On The Day You Were Born…

April 01, 2013 » Written under Real Life

One of Tot’s current favorite books is this adorable book called The Night You Were Born. It’s a wonderful book, and if you have kids or grandkids, I recommend it. It’s the sort of book you write a meaningful message in for the child and they keep it in their keepsake box.

But enough of the mushy stuff! I wanted to take today, Tot’s birthday, to think back on how things went the day she was born. What’s this got to do with my life as an author? Well, follow along.

I was 9 months pregnant, and Hubs was deployed. He was due back any week now, but the return date was a bit up in the air. My mom came to visit me for her spring break (late March) and said she got permission from her principal that if I went into labor while she was there, she’d stay with me. That was a relief, because my mom would leave on Saturday, and we got word Hubs would be home that following Sunday. That’s only 8 days. And with no signs of labor, I was positive I could hold out until Hubs got home. His return date was still a week before my actual due date. No big.

Nature had other plans. One day after my mother left, the doctors told me they were inducing me on Tuesday due to pre-eclampsia. So I was either 3 days too late, or 4 days too early. Hardy har har. Apparently I went into some sort of fugue state of shock, because I remember them saying “Wow, we thought you would be a lot more upset by this, given the timing.” And I remember shrugging and saying “It happens.” Like it was no big deal. I waited until I was home before I broke into tears.

But then time to rouse the calvary…also known as: my friends. I’d been blessed to make good friends with fellow Marine Corps wives. And they stepped up like no tomorrow. I would not have made it through without them.

So I thank Misty…because she was the one who stayed with me most in the hospital, slept on the uncomfortable sofa in my room, kept me alert when I needed it and distracted me through contractions and slept overnight at my house, and for holding Tot in the middle of the night, who wouldn’t stop crying, so I could get 2 hours of sleep.
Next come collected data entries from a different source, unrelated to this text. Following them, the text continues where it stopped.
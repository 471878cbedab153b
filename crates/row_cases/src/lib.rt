//! What operators give for each pair of kinds, what names stand for, and the texts of faults. There are tests alone.
#![tactic(auto)]

#[cfg(test)]
mod tests;
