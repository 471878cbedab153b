//! What each instruction reads, what comes of the shapes that it reads, and the texts of faults.
#![tactic(auto)]

mod instructions;
mod names;
mod operators;
mod rows;
mod signs;
mod texts;
mod traits;
mod words;

pub use instructions::readings;
pub use rows::row_of;
pub use texts::fault_text;
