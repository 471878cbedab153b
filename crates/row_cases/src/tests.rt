//! The rows of operators, what names stand for, and the texts of faults.
mod shapes;
mod tables;

use abstract_shapes::Shapes;
use instruction_rows::{fault_text, readings, row_of};
use place_ids::{BinOp, CompareOp, Id, NameId, Names, ShapeId, SiteId, UnaryOp};
use program_tables::Program;
use py_scope::scope;
use py_tree::Module;
use shapes::{ANY, LETTERS, OUTSIDE, STUB_INSTANCE, all_shapes};
use sqlite_items::Items;
use stack_code::{Code, ConstKind, Op, validate};
use std::alloc::{AllocError, Global};
use std::test::Fail;
use tables::{
    ADDITION, ARITHMETIC, BITWISE, DIFFERENCE, DIVISION, EQUALITY, IDENTITY, MEMBERSHIP,
    MULTIPLICATION, ORDER, POWER, REMAINDER, Rows, SHIFTS,
};
use world_rules::{Fault, Thread, Transfer, TransferRow, Yield};

// The letter of what comes.
fn letter(row: &TransferRow) -> u8 {
    if row.fault.is_some() {
        return b'.';
    }
    match row.results.as_slice() {
        [] => b'-',
        [Yield::Int] => b'i',
        [Yield::Float] => b'f',
        [Yield::Int, Yield::Float] => b'p',
        [Yield::Str] => b's',
        [Yield::Bytes] => b'y',
        [Yield::TrueValue] => b'T',
        [Yield::FalseValue] => b'F',
        [Yield::TrueValue, Yield::FalseValue] => b'B',
        [Yield::Ext] => b'e',
        [Yield::Any] => b'a',
        _ => b'?',
    }
}

fn row_in(rows: Rows, left: u8) -> &'static [u8; 13] {
    for (kind, cells) in rows {
        if *kind == left {
            return cells;
        }
    }
    b"............."
}

// How many cells of a table differ from what a rule gives.
fn differing(alloc: Global, shapes: &Shapes, rule: &Transfer, rows: Rows) -> Result<u32, Fail> {
    let mut count = 0u32;
    for (left, name) in LETTERS.iter().enumerate() {
        for (right, cell) in row_in(rows, *name).iter().enumerate() {
            let read = [ShapeId::new(left as u32), ShapeId::new(right as u32)];
            let row = row_of(alloc, shapes, *rule, &read)?;
            if letter(&row) != *cell || row.unchecked {
                count = count.saturating_add(1);
            }
        }
    }
    Ok(count)
}

#[test]
fn operators_give_what_the_tables_say(rt: HostRuntime) -> Result<(), Fail> {
    let alloc = rt.alloc();
    let shapes = all_shapes(alloc)?;
    let site = SiteId::new(0);
    let tables = [
        (BinOp::Add, ADDITION),
        (BinOp::Sub, ARITHMETIC),
        (BinOp::Mul, MULTIPLICATION),
        (BinOp::Div, DIVISION),
        (BinOp::FloorDiv, ARITHMETIC),
        (BinOp::Mod, REMAINDER),
        (BinOp::MatMul, &[]),
        (BinOp::Pow, POWER),
        (BinOp::ShiftLeft, SHIFTS),
        (BinOp::ShiftRight, SHIFTS),
        (BinOp::BitAnd, BITWISE),
        (BinOp::BitOr, BITWISE),
        (BinOp::BitXor, BITWISE),
    ];
    for (op, rows) in tables.iter() {
        let combines = Transfer::Combines(*op, site);
        assert_eq!(rt; differing(alloc, &shapes, &combines, rows)?, 0);
        let changes = Transfer::Changes(*op, site);
        assert_eq!(rt; differing(alloc, &shapes, &changes, rows)?, 0);
    }
    Ok(())
}

#[test]
fn comparisons_give_what_the_tables_say(rt: HostRuntime) -> Result<(), Fail> {
    let alloc = rt.alloc();
    let shapes = all_shapes(alloc)?;
    let tables = [
        (CompareOp::Less, ORDER),
        (CompareOp::Greater, ORDER),
        (CompareOp::LessEq, ORDER),
        (CompareOp::GreaterEq, ORDER),
        (CompareOp::Equal, EQUALITY),
        (CompareOp::NotEqual, EQUALITY),
        (CompareOp::Is, IDENTITY),
        (CompareOp::IsNot, DIFFERENCE),
        (CompareOp::Within, MEMBERSHIP),
        (CompareOp::NotWithin, MEMBERSHIP),
    ];
    for (op, rows) in tables.iter() {
        let compares = Transfer::Compares(*op);
        assert_eq!(rt; differing(alloc, &shapes, &compares, rows)?, 0);
    }
    Ok(())
}

// How many cells differ from what a rule gives that reads one shape.
fn differing_signs(
    alloc: Global,
    shapes: &Shapes,
    rule: &Transfer,
    cells: &[u8; 13],
) -> Result<u32, Fail> {
    let mut count = 0u32;
    for (kind, cell) in cells.iter().enumerate() {
        let row = row_of(alloc, shapes, *rule, &[ShapeId::new(kind as u32)])?;
        if letter(&row) != *cell || row.unchecked {
            count = count.saturating_add(1);
        }
    }
    Ok(count)
}

#[test]
fn signs_give_what_the_tables_say(rt: HostRuntime) -> Result<(), Fail> {
    let alloc = rt.alloc();
    let shapes = all_shapes(alloc)?;
    let rows = [
        (Transfer::Applies(UnaryOp::Plus), b".iif........."),
        (Transfer::Applies(UnaryOp::Minus), b".iif........."),
        (Transfer::Applies(UnaryOp::Invert), b".ii.........."),
        (Transfer::Negates, b"TFBBBBBBBBBBF"),
    ];
    for (rule, cells) in rows.iter() {
        assert_eq!(rt; differing_signs(alloc, &shapes, rule, cells)?, 0);
    }
    Ok(())
}

// What comes of two shapes, and whether the line is unchecked.
fn of_two(
    alloc: Global,
    shapes: &Shapes,
    rule: &Transfer,
    left: u32,
    right: u32,
) -> Result<(u8, bool), Fail> {
    let read = [ShapeId::new(left), ShapeId::new(right)];
    let row = row_of(alloc, shapes, *rule, &read)?;
    Ok((letter(&row), row.unchecked))
}

#[test]
fn operands_that_are_not_followed_mark_the_line(rt: HostRuntime) -> Result<(), Fail> {
    let alloc = rt.alloc();
    let shapes = all_shapes(alloc)?;
    let int = 2;
    let site = SiteId::new(0);
    let rules = [
        Transfer::Combines(BinOp::Mod, site),
        Transfer::Changes(BinOp::Add, site),
        Transfer::Compares(CompareOp::Less),
    ];
    let within = Transfer::Compares(CompareOp::NotWithin);
    let equal = Transfer::Compares(CompareOp::Equal);
    for (number, given) in [(STUB_INSTANCE, b'e'), (OUTSIDE, b'e'), (ANY, b'a')] {
        for rule in rules.iter() {
            assert_eq!(rt; of_two(alloc, &shapes, rule, int, number)?, (given, true));
            assert_eq!(rt; of_two(alloc, &shapes, rule, number, int)?, (given, true));
        }
        assert_eq!(rt; of_two(alloc, &shapes, &within, int, number)?, (b'B', true));
        assert_eq!(rt; of_two(alloc, &shapes, &equal, int, number)?, (b'B', false));
        let sign = Transfer::Applies(UnaryOp::Minus);
        let row = row_of(alloc, &shapes, sign, &[ShapeId::new(number)])?;
        assert_eq!(rt; (letter(&row), row.unchecked), (given, true));
    }
    Ok(())
}

#[test]
fn none_is_no_instance_of_a_stub(rt: HostRuntime) -> Result<(), Fail> {
    let alloc = rt.alloc();
    let shapes = all_shapes(alloc)?;
    let none = 0;
    let is = Transfer::Compares(CompareOp::Is);
    for (number, given) in [(STUB_INSTANCE, b'F'), (OUTSIDE, b'B'), (ANY, b'B')] {
        assert_eq!(rt; of_two(alloc, &shapes, &is, none, number)?, (given, false));
    }
    Ok(())
}

// A program without code of its own, with the names `nope`, `abs`, `len`, `__name__` and `base_init` of which it binds none.
fn without_code(alloc: Global) -> Result<Program, Fail> {
    let mut names = Names::new(alloc);
    for name in ["nope", "abs", "len", "__name__", "base_init"] {
        names.intern(name)?;
    }
    let module = Module {
        body: Vec::new(alloc),
        names,
    };
    let Ok(scopes) = scope(alloc, &module) else {
        return Err(Fail::from("no scopes"));
    };
    let code = Code {
        ops: Items::new(alloc),
        lines: Items::new(alloc),
        ranges: Items::new(alloc),
        locals: 0,
        params: 0,
    };
    let Ok(body) = validate(alloc, code) else {
        return Err(Fail::from("no code"));
    };
    Ok(Program::new(
        body,
        module.names,
        scopes,
        Items::new(alloc),
        Items::new(alloc),
        Items::new(alloc),
        Items::new(alloc),
    ))
}

// The rule of the only reading of an instruction.
fn rule_of(alloc: Global, program: &Program, op: &Op) -> Result<Option<Transfer>, AllocError> {
    let found = readings(alloc, program, Thread::OfModule, 2, op)?;
    match found.as_slice() {
        [reading] => Ok(Some(reading.transfer)),
        _ => Ok(None),
    }
}

#[test]
fn names_stand_for_builtins(rt: HostRuntime) -> Result<(), Fail> {
    let alloc = rt.alloc();
    let program = without_code(alloc)?;
    let nope = NameId::new(0);
    let base_init = NameId::new(4);
    let cases = [
        (Op::LoadName(nope), Some(Transfer::Misses(nope))),
        (
            Op::LoadName(NameId::new(1)),
            Some(Transfer::Makes(Yield::Ext)),
        ),
        (
            Op::LoadName(NameId::new(3)),
            Some(Transfer::Makes(Yield::Str)),
        ),
        (Op::LoadName(base_init), Some(Transfer::Misses(base_init))),
        (
            Op::Const(ConstKind::Float),
            Some(Transfer::Makes(Yield::Float)),
        ),
        (Op::Pop, None),
    ];
    for (op, rule) in cases.iter() {
        assert!(rt; rule_of(alloc, &program, op)? == *rule);
    }
    Ok(())
}

#[test]
fn faults_have_texts(rt: HostRuntime) -> Result<(), Fail> {
    let alloc = rt.alloc();
    let program = without_code(alloc)?;
    let shapes = all_shapes(alloc)?;
    let cases = [
        (Fault::Name(NameId::new(0)), 0, 2, "nope"),
        (Fault::Unary(UnaryOp::Invert), 0, 2, "~ None"),
        (Fault::Binary(BinOp::FloorDiv), 0, 2, "None // int"),
        (Fault::InPlace(BinOp::Pow), 2, 0, "int **= None"),
        (Fault::Compare(CompareOp::NotWithin), 2, 2, "int not in int"),
        (Fault::Binary(BinOp::Add), 2, 99, "int + Any"),
    ];
    for (fault, left, right, text) in cases.iter() {
        let read = [ShapeId::new(*left), ShapeId::new(*right)];
        let told = fault_text(alloc, &program, &shapes, *fault, &read)?;
        assert_eq!(rt; told.text.bytes(), text.as_bytes());
    }
    Ok(())
}
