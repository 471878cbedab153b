//! What operators see of a shape.
ghost use Rattle.std.specs.Prelude.{◌≡◌, List};
ghost use Rattle.std.specs.Prelude.{nat_eq};
ghost use Rattle.std.specs.List.{list_any};
ghost use Rattle.abstract_shapes.specs.Numbering.{structure, structures, shape_at};
ghost use Rattle.abstract_shapes.specs.Shapes.{truth_of, Shape as StructuralShape, any};
ghost use Rattle.world_rules.specs.Traits.{traits_of, knowledge_of, is_qualified, is_unfollowed, is_any, is_anything};

use abstract_shapes::{Shape, Shapes};
use builtin_stubs::Basic;
use flow_graph::Truth;
use place_ids::ShapeId;
use type_terms::TypeTerm;
use world_rules::{Knowledge, ShapeTraits};

/// What is seen of the shape under an id. One that is not there counts as any value.
pub(crate) fn traits_at(shapes: &Shapes, id: ShapeId) -> ShapeTraits
    ensures { result ≡ traits_of (shape_at (structures shapes.now) id) }
{
    match shapes.shape(id) {
        Some(shape) => traits_of(shape),
        None => ShapeTraits {
            kind: Basic::Other,
            knowledge: Knowledge::Any,
            truth: Truth::Both,
        },
    }
}

fn traits_of(shape: &Shape) -> ShapeTraits
    ensures { (shapes : List StructuralShape) → result ≡ traits_of (structure shapes shape.now) }
{
    ShapeTraits {
        kind: shape.kind(),
        knowledge: knowledge_of(shape),
        truth: truth_of(shape),
    }
}

fn knowledge_of(shape: &Shape) -> Knowledge
    ensures { (shapes : List StructuralShape) → result ≡ knowledge_of (structure shapes shape.now) }
{
    match shape {
        Shape::Any => Knowledge::Any,
        Shape::Ext => Knowledge::Ext,
        Shape::Given(TypeTerm::Class(name)) if is_qualified(name.bytes()) =>
            Knowledge::StubInstance,
        _ => Knowledge::Followed,
    }
}

// The name of a stub's class has its module and a dot before it.
fn is_qualified(name: &[u8]) -> bool
    ensures { result ≡ is_qualified name.now }
{
    name.contains(&b'.')
}

fn truth_of(shape: &Shape) -> Truth
    ensures { (shapes : List StructuralShape) → result ≡ truth_of (structure shapes shape.now) }
{
    match shape {
        Shape::NoneValue | Shape::FalseValue => Truth::No,
        Shape::TrueValue
        | Shape::Fun(_)
        | Shape::Bound(..)
        | Shape::BoundNative(..)
        | Shape::Class(_)
        | Shape::Inst(_)
        | Shape::Native(_)
        | Shape::Module(_) => Truth::Yes,
        _ => Truth::Both,
    }
}

/// Whether operators don't follow the values.
pub(crate) fn is_unfollowed(traits: ShapeTraits) -> bool
    ensures { result ≡ is_unfollowed traits }
{
    !matches!(traits.knowledge, Knowledge::Followed)
}

pub(crate) fn is_any(traits: ShapeTraits) -> bool
    ensures { result ≡ is_any traits }
{
    matches!(traits.knowledge, Knowledge::Any)
}

/// Whether nothing tells the values from others.
pub(crate) fn is_anything(traits: ShapeTraits) -> bool
    ensures { result ≡ is_anything traits }
{
    matches!(traits.knowledge, Knowledge::Any | Knowledge::Ext)
}
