//! The signs of operators, as a report writes them.
ghost use Rattle.std.specs.Prelude.{◌≡◌};
ghost use Rattle.world_rules.specs.Texts.{unary_sign, sign, compare_sign};

use place_ids::{BinOp, CompareOp, UnaryOp};

pub(crate) fn unary_sign(op: UnaryOp) -> &'static [u8]
    ensures { result.now ≡ unary_sign op }
{
    match op {
        UnaryOp::Plus => b"+",
        UnaryOp::Minus => b"-",
        UnaryOp::Invert => b"~",
    }
}

pub(crate) fn sign(op: BinOp) -> &'static [u8]
    ensures { result.now ≡ sign op }
{
    match op {
        BinOp::Add => b"+",
        BinOp::Sub => b"-",
        BinOp::Mul => b"*",
        BinOp::Div => b"/",
        BinOp::FloorDiv => b"//",
        BinOp::Mod => b"%",
        BinOp::MatMul => b"@",
        BinOp::Pow => b"**",
        BinOp::ShiftLeft => b"<<",
        BinOp::ShiftRight => b">>",
        BinOp::BitAnd => b"&",
        BinOp::BitOr => b"|",
        BinOp::BitXor => b"^",
    }
}

pub(crate) fn compare_sign(op: CompareOp) -> &'static [u8]
    ensures { result.now ≡ compare_sign op }
{
    match op {
        CompareOp::Less => b"<",
        CompareOp::Greater => b">",
        CompareOp::LessEq => b"<=",
        CompareOp::GreaterEq => b">=",
        CompareOp::Equal => b"==",
        CompareOp::NotEqual => b"!=",
        CompareOp::Is => b"is",
        CompareOp::IsNot => b"is not",
        CompareOp::Within => b"in",
        CompareOp::NotWithin => b"not in",
    }
}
And for driving me around in the days following delivery, because I couldn’t do it myself.

And I thank Hilary, who brought humor with her into the room. After 9 hours of labor, she came in exclaiming that I had NO CLUE how badly she was in pain, because she’d been gardening all day and her legs were killing her. (As another contraction wracked my body…) And made me, and the nurses, all laugh while singing the McDonald’s Give Me That Fillet-O-Fish” song. And for organizing a surprise “baby book shower.” Yes, even then they knew my love of reading well. They asked friends from all over the country who we’d known from other duty stations to mail her baby books with a note for Baby Murray, which they presented me on the sly.

And I thank Beth, who wore the Daddy bracelet in the hospital so she could be with Tot while I was in surgery recovery, who had other people watch her three year old girl so she could be with me, and who didn’t hesitate to suit up in scrubs and come into the OR with me when I had my C-section, stand with me and keep me calm when I couldn’t stop shaking. And for taking Tot with her for a quick drive when I was having a nervous breakdown my first night home with her, because I didn’t know what to do and felt so alone and scared.

Seriously. Can you ask for better friends? No. You cannot. Every year on her birthday, I think about these women and what they went through FOR me, as well as with me. Tot’s and my three angels.

Doesn’t get much better than that.

This is why I love writing military heroes and heroines. Because although there is that underlying knowledge that they might have to deploy at any given point, and face things nobody should have to face, there’s a bright spot in that military life. You can find some of the most amazing, wonderful, giving people on the planet who are ready to step up and be there for you when you need it. They know what you need, because they need it too. And they’re willing to provide it. That camaraderie between spouses is just as wonderful to me as the brotherhood and sisterhood of those who wear the uniform. It can’t be beat. And it’s just another reason why I adore military romance. I can so easily envision the friendships the spouses will encounter, because I had them.